A partir de esto se creó el primer sistema de agua corriente y se establecieron políticas de aislamiento de los enfermos. Se fundó el Consejo de Higiene (1869) y se organizó la Junta de Sanidad Nacional. Ese año el presidente y el secretario del Consejo de Higiene, los doctores Luis María Drago y Leopoldo Montes de Oca, formularon una propuesta de Reglamento de Policía Sanitaria Marítima para la República Argentina con el cual se apuntaba a establecer barreras preventivas ante las epidemias. Lamentablemente todas estas medidas fueron más declarativas que reales. Ya por ese entonces la formación y la práctica médica se orientaban más a curar enfermedades que al cuidado de la salud del pueblo sano. Tanto es así que el cólera volvió en 1872 en un barco genovés que fue aceptado en el puerto de Buenos Aires a pesar de haber sufrido 22 muertes durante su travesía. Posteriormente, en 1874, se realizó una conferencia entre Brasil, Uruguay y Argentina para evitar el arribo de epidemias ultramarinas. Y comenzaron a aplicarse algunos de los postulados con más eficiencia pero los resultados no fueron todo lo bueno que se esperaba. De todas formas se estableció una autoridad sanitaria en el puerto que daba patente “limpia” o “sucia” a los barcos y establecía las cuarentenas. A pesar de ello el cólera regresó en 1886 debido a deficiencias del propio sistema y de su aplicación. Para ese entonces la aldea porteña contaba con algunos servicios de agua y cloacas, la Casa de Aislamiento, médicos y estudiantes de medicina y las flamantes estudiantes de enfermería que pudieron contener mejor la situación disminuyendo el número de muertos. Pero la infección se propagó hacia el interior del país donde fue peor que en otras oportunidades. Sólo en Rosario, que por entonces contaba con 50.000 habitantes, se produjeron más de 1000 decesos. Posteriormente hubo un último brote en 1894 y 1895.

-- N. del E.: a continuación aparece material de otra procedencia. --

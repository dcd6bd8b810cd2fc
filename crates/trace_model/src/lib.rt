//! Definitions: what a trace means. The ends of its connections, event by event, the printed text of a list of events, why an
//! event isn't taken, and what a check says of a recording.
//!
//! Here is no code but the names of faults and verdicts: what replays a trace and what records one are each held to this.
#![tactic(auto)]

mod check_verdict;
mod replay_fault;

pub use check_verdict::CheckVerdict;
pub use replay_fault::ReplayFault;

–¿Cómo fue que se empezaron a desarrollar los hospitales públicos en la Argentina?
–Los primeros hospitales pertenecían a las órdenes religiosas. En 1816, se clausura el Hospital de Santa Catalina y se pasan los pacientes al de Residencia desplazando a los padres betlemitas de la administración. Este hecho constituyó la creación del primer hospital público civil en manos del Estado. Un año antes se había inaugurado el Hospital Militar de Santa Fe. Durante la década de 1840 también se crearon los hospitales de la comunidad británica y francesa. A medida que iba cambiando la concepción de la organización sanitaria las instituciones se fueron transformando. Así la Casa de Niños Expósitos, que se hacía cargo de los niños abandonados, generalmente en casas pudientes y en iglesias, se convierte en luego en hospital en 1905 (actualmente Pedro de Elizalde); la Casa de Aislamiento pasa a ser el Hospital Muñiz, etcétera.

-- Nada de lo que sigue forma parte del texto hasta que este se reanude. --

impl End {
    /// An end that calls: an engine of this ETCS number, the radio block centre that it calls, their KMAC and the engine's random
    /// number. The time for the set-up runs from now on.
    #[tactic(auto, unfolding(crate::specs::KeptEnds::kept_opened))]
    pub fn call(
        alloc: Global,
        settings: &Settings,
        me: EtcsNumber,
        peer: EtcsNumber,
        kmac: Kmac,
        rb: u64,
        now: Moment,
    ) -> Result<End, NoMemory>
        ensures { IfOk result (λ end. end ≡ kept_opened (Call settings.now me peer kmac rb now)) }
    {
        let safe = Safe::initiator(me, peer, kmac, rb);
        End::new(alloc, true, settings, safe, now)
    }

    /// An end that answers: a radio block centre of this ETCS number, and its random number. The time for the set-up runs from now on.
    #[tactic(auto, unfolding(crate::specs::KeptEnds::kept_opened))]
    pub fn answer(
        alloc: Global,
        settings: &Settings,
        me: EtcsNumber,
        ra: u64,
        now: Moment,
    ) -> Result<End, NoMemory>
        ensures { IfOk result (λ end. end ≡ kept_opened (Answer settings.now me ra now)) }
    {
        let safe = Safe::responder(me, ra);
        End::new(alloc, false, settings, safe, now)
    }

    fn new(
        alloc: Global,
        calls: bool,
        settings: &Settings,
        safe: Safe,
        now: Moment,
    ) -> Result<End, NoMemory>
        ensures { IfOk result (λ end. end ≡ record (kept_end_made calls settings.now safe.safety now) { core = record (kept_core_made calls settings.now safe.safety now) { safe = safe } }) }
    {
        let room = SapduRoom::new(alloc)?;
        let line = Line::new(alloc, calls, settings)?;
        let transport = made_transport(alloc, calls, settings)?;
        let inbox = Inbox::with_slots(alloc)?;
        let layers = Layers {
            limit: now.get() + settings.setup,
            moment: now,
            connected: None,
            leaves: None,
            released: None,
            line,
            transport,
            joiner: Joiner::new(),
            side: SafetySide { safe, inbox },
        };
        Ok(End {
            room,
            layers,
            deframer: Deframer::new(),
        })
    }

    /// An end that calls begins: its station sends the set-up frame.
    #[tactic(auto, unfolding(crate::specs::KeptEnds::after_start))]
    pub fn start(&mut self, now: Moment) -> Deeds<'_>
        ensures* after { sem 𝓛 (LeavesEndAs self.entry (after_start now self.old)) }
        ensures shows { Shows result (after_start now self.old).core }
    {
        self.layers.start_station(now, &mut self.room);
        let this: &Self = self;
        this.deeds()
    }

    /// Octets come from the line. They are used up to the first that closes a frame, all where none does: how many were used. A released
    /// end uses all.
    pub fn octets<K: KeyFinder>(
        &mut self,
        keys: &K,
        now: Moment,
        piece: &[u8],
    ) -> (usize, Deeds<'_>)
        ensures* after { sem 𝓛 (LeavesEndAs self.entry (after_octets (key_at (K.entries keys.now)) now piece.now self.old)) }
        ensures used { result.0 ≡ used_of self.old piece.now }
        ensures within { result.0 ≤ length piece.now }
        ensures moves { 0 < length piece.now → 0 < result.0 }
        ensures shows { Shows result.1 (after_octets (key_at (K.entries keys.now)) now piece.now self.old).core }
    {
        let used = self.hear(keys, now, piece);
        let this: &Self = self;
        (used, this.deeds())
    }

    #[tactic(auto, unfolding(crate::specs::KeptEnds::after_octets, crate::specs::KeptEnds::used_of))]
    fn hear<K: KeyFinder>(&mut self, keys: &K, now: Moment, piece: &[u8]) -> usize
        ensures after { self.new ≡ after_octets (key_at (K.entries keys.now)) now piece.now self.old }
        ensures used { result ≡ used_of self.old piece.now }
        ensures within { result ≤ length piece.now }
        ensures moves { 0 < length piece.now → 0 < result }
    {
        if self.layers.is_released() {
            self.layers.begin_at(now);
            return piece.len();
        }
        let (used, found) = self.deframer.feed(piece);
        match found {
            Some(found) => self.layers.receive(keys, now, &found, &mut self.room),
            None => self.layers.begin_at(now),
        }
        used
    }

    /// The user sends a message, 1 to 1,023 octets. A refused send leaves all as it was.
    #[tactic(auto, unfolding(crate::specs::KeptEnds::refusal_of_send, crate::specs::KeptEnds::after_send))]
    pub fn send(&mut self, now: Moment, user: &[u8]) -> Result<Deeds<'_>, SendRefused>
        ensures* after { sem 𝓛 (LeavesEndAs self.entry (after_send now user.now self.old)) }
        ensures answer { MatchResult result
            (λ deeds. (refusal_of_send user.now self.old ≡ None) × Shows deeds (after_send now user.now self.old).core)
            (λ refused. refusal_of_send user.now self.old ≡ Some (refusal_view refused)) }
    {
        if let Some(refused) = self.layers.refusal(user) {
            return Err(refused);
        }
        self.layers.send_message(now, user, &mut self.room);
        let this: &Self = self;
        Ok(this.deeds())
    }

    /// The user takes the oldest message that waits. None exactly where none does.
    #[tactic(auto, unfolding(crate::specs::KeptEnds::after_take))]
    pub fn take(&mut self, now: Moment) -> Option<Taken<'_>>
        ensures* after { sem 𝓛 (LeavesEndAs self.entry (after_take now self.old)) }
        ensures taken { MatchOption result
            (length (waiting_in self.old) ≡ 0)
            (λ taken. (taken.text.now ≡ first_in (waiting_in self.old)) × (0 < length (waiting_in self.old)) × (taken.out.now ≡ (after_take now self.old).core.line.out)) }
    {
        let none = self.layers.side.inbox.len() == 0;
        self.layers.take_message(now, &mut self.room);
        if none {
            return None;
        }
        let this: &Self = self;
        Some(Taken {
            text: this.layers.side.inbox.taken(),
            out: this.layers.line.out(),
        })
    }

    /// The user releases with this sub-reason.
    #[tactic(auto, unfolding(crate::specs::KeptEnds::after_release))]
    pub fn release(&mut self, now: Moment, sub: u8) -> Deeds<'_>
        ensures* after { sem 𝓛 (LeavesEndAs self.entry (after_release now sub self.old)) }
        ensures shows { Shows result (after_release now sub self.old).core }
    {
        self.layers.release_by_user(now, sub, &mut self.room);
        let this: &Self = self;
        this.deeds()
    }

    /// The moment has come: T1 may expire, then the time for the set-up.
    #[tactic(auto, unfolding(crate::specs::KeptEnds::after_tick))]
    pub fn tick(&mut self, now: Moment) -> Deeds<'_>
        ensures* after { sem 𝓛 (LeavesEndAs self.entry (after_tick now self.old)) }
        ensures shows { Shows result (after_tick now self.old).core }
    {
        self.layers.tick(now, &mut self.room);
        let this: &Self = self;
        this.deeds()
    }

    /// The line ended.
    #[tactic(auto, unfolding(crate::specs::KeptEnds::after_break))]
    pub fn ended(&mut self) -> Deeds<'_>
        ensures* after { sem 𝓛 (LeavesEndAs self.entry (after_break LineEnded self.old)) }
        ensures shows { Shows result (after_break LineEnded self.old).core }
    {
        self.layers.break_off(Cause::LineEnded);
        let this: &Self = self;
        this.deeds()
    }

    /// The line failed.
    #[tactic(auto, unfolding(crate::specs::KeptEnds::after_break))]
    pub fn fault(&mut self) -> Deeds<'_>
        ensures* after { sem 𝓛 (LeavesEndAs self.entry (after_break LineFailed self.old)) }
        ensures shows { Shows result (after_break LineFailed self.old).core }
    {
        self.layers.break_off(Cause::LineFailed);
        let this: &Self = self;
        this.deeds()
    }

    /// The line stalled.
    #[tactic(auto, unfolding(crate::specs::KeptEnds::after_break))]
    pub fn stalled(&mut self) -> Deeds<'_>
        ensures* after { sem 𝓛 (LeavesEndAs self.entry (after_break LineStalled self.old)) }
        ensures shows { Shows result (after_break LineStalled self.old).core }
    {
        self.layers.break_off(Cause::LineStalled);
        let this: &Self = self;
        this.deeds()
    }

    /// Gives an end any event: does what the call of that event does, and answers all that came of it.
    pub fn apply<K: KeyFinder>(&mut self, keys: &K, now: Moment, event: &Event<'_>) -> Effects<'_>
        ensures* after { sem 𝓛 (LeavesEndAs self.entry (kept_end_behind_event now (model_event_of (key_at (K.entries keys.now)) event.now) self.old)) }
        ensures told { outcomes_in result ≡ tells now (model_event_of (key_at (K.entries keys.now)) event.now) self.old }
        ensures used { result.used ≡ used_by self.old event.now }
    {
        let done = self.give(keys, now, event);
        let this: &Self = self;
        match done {
            Done::Used(used) => Effects {
                used,
                refused: None,
                taken: Taking::NotAsked,
                deeds: this.deeds(),
            },
            Done::Refused(refused) => Effects {
                used: 0,
                refused: Some(refused),
                taken: Taking::NotAsked,
                deeds: Deeds {
                    connected: None,
                    accepted: None,
                    released: None,
                    out: &[],
                },
            },
            Done::Nothing => Effects {
                used: 0,
                refused: None,
                taken: Taking::Nothing,
                deeds: this.deeds(),
            },
            Done::Took => Effects {
                used: 0,
                refused: None,
                taken: Taking::Message(this.layers.side.inbox.taken()),
                deeds: this.deeds(),
            },
        }
    }

    // An event, without what is lent of it.
    #[tactic(auto, unfolding(crate::specs::KeptEnds::refusal_of_send, crate::specs::KeptEnds::after_start, crate::specs::KeptEnds::after_send, crate::specs::KeptEnds::after_take, crate::specs::KeptEnds::after_release, crate::specs::KeptEnds::after_tick, crate::specs::KeptEnds::after_break))]
    fn give<K: KeyFinder>(&mut self, keys: &K, now: Moment, event: &Event<'_>) -> Done
        ensures after { self.new ≡ kept_end_behind_event now (model_event_of (key_at (K.entries keys.now)) event.now) self.old }
        ensures told { TellsEndOutcomes result event.now (tells now (model_event_of (key_at (K.entries keys.now)) event.now) self.old) self.old self.new }
    {
        match *event {
            Event::Start => self.layers.start_station(now, &mut self.room),
            Event::Octets(piece) => return Done::Used(self.hear(keys, now, piece)),
            Event::Send(user) => {
                if let Some(refused) = self.layers.refusal(user) {
                    return Done::Refused(refused);
                }
                self.layers.send_message(now, user, &mut self.room);
            }
            Event::Take => {
                let none = self.layers.side.inbox.len() == 0;
                self.layers.take_message(now, &mut self.room);
                return if none { Done::Nothing } else { Done::Took };
            }
            Event::Release(sub) => self.layers.release_by_user(now, sub, &mut self.room),
            Event::Tick => self.layers.tick(now, &mut self.room),
            Event::Ended => self.layers.break_off(Cause::LineEnded),
            Event::Fault => self.layers.break_off(Cause::LineFailed),
            Event::Stalled => self.layers.break_off(Cause::LineStalled),
        }
        Done::Used(0)
    }

    // What the event came to.
    fn deeds(&self) -> Deeds<'_>
        ensures { Shows result self.now.core }
    {
        Deeds {
            connected: self.layers.connected,
            accepted: self.layers.side.inbox.newest(),
            released: self.layers.leaves,
            out: self.layers.line.out(),
        }
    }

    /// The octets that the last event sent, to the line.
    pub fn out(&self) -> &[u8]
        ensures value { result.now ≡ self.now.core.line.out }
        ensures most { length result.now ≤ 134160 }
    {
        self.layers.line.out()
    }

    /// How many messages wait for their last segment to be handed down, at most 16: while 16 do, a send is refused as full.
    pub fn unsent(&self) -> usize
        ensures value { result ≡ kept.waiting self.now.core.upper }
        ensures most { result ≤ 16 }
    {
        self.layers.transport.waiting()
    }

    /// The message that the last event accepted. It waits until it is taken.
    pub fn accepted(&self) -> Option<&[u8]>
        ensures { option_map (λ m. m.now) result ≡ newest_of self.now.core.upper.inbox }
    {
        self.layers.side.inbox.newest()
    }

    /// The message that the last event, a take, took; no octets where it took none.
    pub fn taken(&self) -> &[u8]
        ensures { result.now ≡ self.now.core.upper.inbox.last }
    {
        self.layers.side.inbox.taken()
    }

    /// The moment at which the end wants a tick: the first of those at which T1 expires and, until the safe connection stands, at which
    /// the time for the set-up is spent. None where there is neither, and after a release.
    #[tactic(auto, unfolding(crate::specs::KeptEnds::deadline_of))]
    pub fn deadline(&self) -> Option<u64>
        ensures { result ≡ deadline_of self.now }
    {
        self.layers.deadline()
    }

    /// Why the end was released, once it was.
    pub fn released(&self) -> Option<Release>
        ensures { result ≡ self.now.core.released }
    {
        self.layers.released
    }

    /// The peer with whom the safe connection stands: none before both sides have authenticated each other (SUBSET-037), and none once the end is released.
    pub fn peer(&self) -> Option<EtcsNumber>
        ensures { result ≡ peer_of self.now }
    {
        if self.layers.released.is_some() {
            return None;
        }
        self.layers.side.safe.peer()
    }

    /// How many accepted messages wait to be taken, at most 15.
    pub fn waiting(&self) -> usize
        ensures value { result ≡ length (waiting_in self.now) }
        ensures most { result ≤ 15 }
    {
        self.layers.side.inbox.len()
    }

    /// The session keys, as soon as they are known, also after a release.
    pub fn session(&self) -> Option<&SessionKeys>
        ensures { option_map (λ k. k.now) result ≡ session_in self.now.core.safe.safety.phase }
    {
        self.layers.side.safe.session()
    }

    /// The text, unpadded, that the last event sealed for sending. A refused send is none.
    pub fn sealed(&self) -> Option<&[u8]>
        ensures { option_map (λ t. t.now) result ≡ self.now.core.safe.sealed }
    {
        self.layers.side.safe.sealed()
    }

    /// The text, unpadded, whose MAC verified in the last event.
    pub fn verified(&self) -> Option<&[u8]>
        ensures { option_map (λ t. t.now) result ≡ self.now.core.safe.verified }
    {
        self.layers.side.safe.verified()
    }

    /// The frames that the station ignored so far, by their kind.
    pub fn counts(&self) -> Counts
        ensures { result ≡ self.now.core.line.station.counts }
    {
        self.layers.line.counts()
    }
}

Obviamente hay un antes y un después en la historia de la salud pública argentina desde la asunción del peronismo y el nombramiento del Dr. Ramón Carrillo como secretario de Salud en 1946 y elevando la estructura a rango de ministerio y designándolo ministro en 1949.
–¿Qué nos puede contar del Dr. Ramón Carrillo?
–Ramón Carrillo fue a la salud pública lo que Sarmiento fue a la educación. Nació en Añatuya, Santiago del Estero, el 7 de marzo de 1906, y fue compañero de Homero Manzi en la escuela primaria. Eso los vinculó más tarde con el grupo de FORJA, que gestó la expresión más alta del pensamiento nacional desde 1935 hasta la asunción del peronismo al cual se sumaron. La historia de Carrillo es la historia de un héroe y un mártir. Llegó a Buenos Aires en 1924 con sólo 17 años, a los 36 años ya era profesor titular de la Facultad de Medicina, de la que sería decano muy brevemente, luego se convirtió el mejor ministro de Salud de la historia argentina y por último murió perseguido, difamado y abandonado en un lejano paraje de Brasil acosado por terribles dolores físicos y del alma. Fue el más alto defensor de la creación de un sistema público de salud, que aún hoy no tenemos. Durante su gestión (1946-1954) creó más de 240 nuevos centros asistenciales, duplicando el número de camas hospitalarias y llevando la asistencia a los lugares donde antes no existía. Pero por sobre todas las cosas intentó planificar las políticas de salud ordenando los recursos y convenciendo a otros actores para que participen en cuanto les corresponda. Así fue que junto al máximo especialista en paludismo, el Dr. Juan Carlos Alvarado, lograron eliminar este mal del territorio argentino. Ante la falta de apoyo de los médicos tradicionales para su estrategia, Carrillo salía a fumigar en un Jeep. Es importante destacar que tantas innovaciones le valieron hacerse de muchos enemigos poderosos. Con la muerte de Evita, en 1952, pierde a su mejor aliada y posteriormente renuncia en 1954. Para Carrillo la salud era un bien social inseparable del bienestar general, esto lo acercaba a Perón pero no le ahorraba enemigos. Su frase más famosa lo dice todo: “Frente a las enfermedades que genera la miseria, frente a la tristeza, a la angustia y al infortunio social de los pueblos, los microbios, como causas de enfermedad, son unas pobres causas”. Obviamente esto no era bien visto ni por los que se negaban a distribuir la riqueza ni ante quienes pretendían, y aún pretenden, cercar a la medicina en tecnicismos academicistas de cura de enfermedades.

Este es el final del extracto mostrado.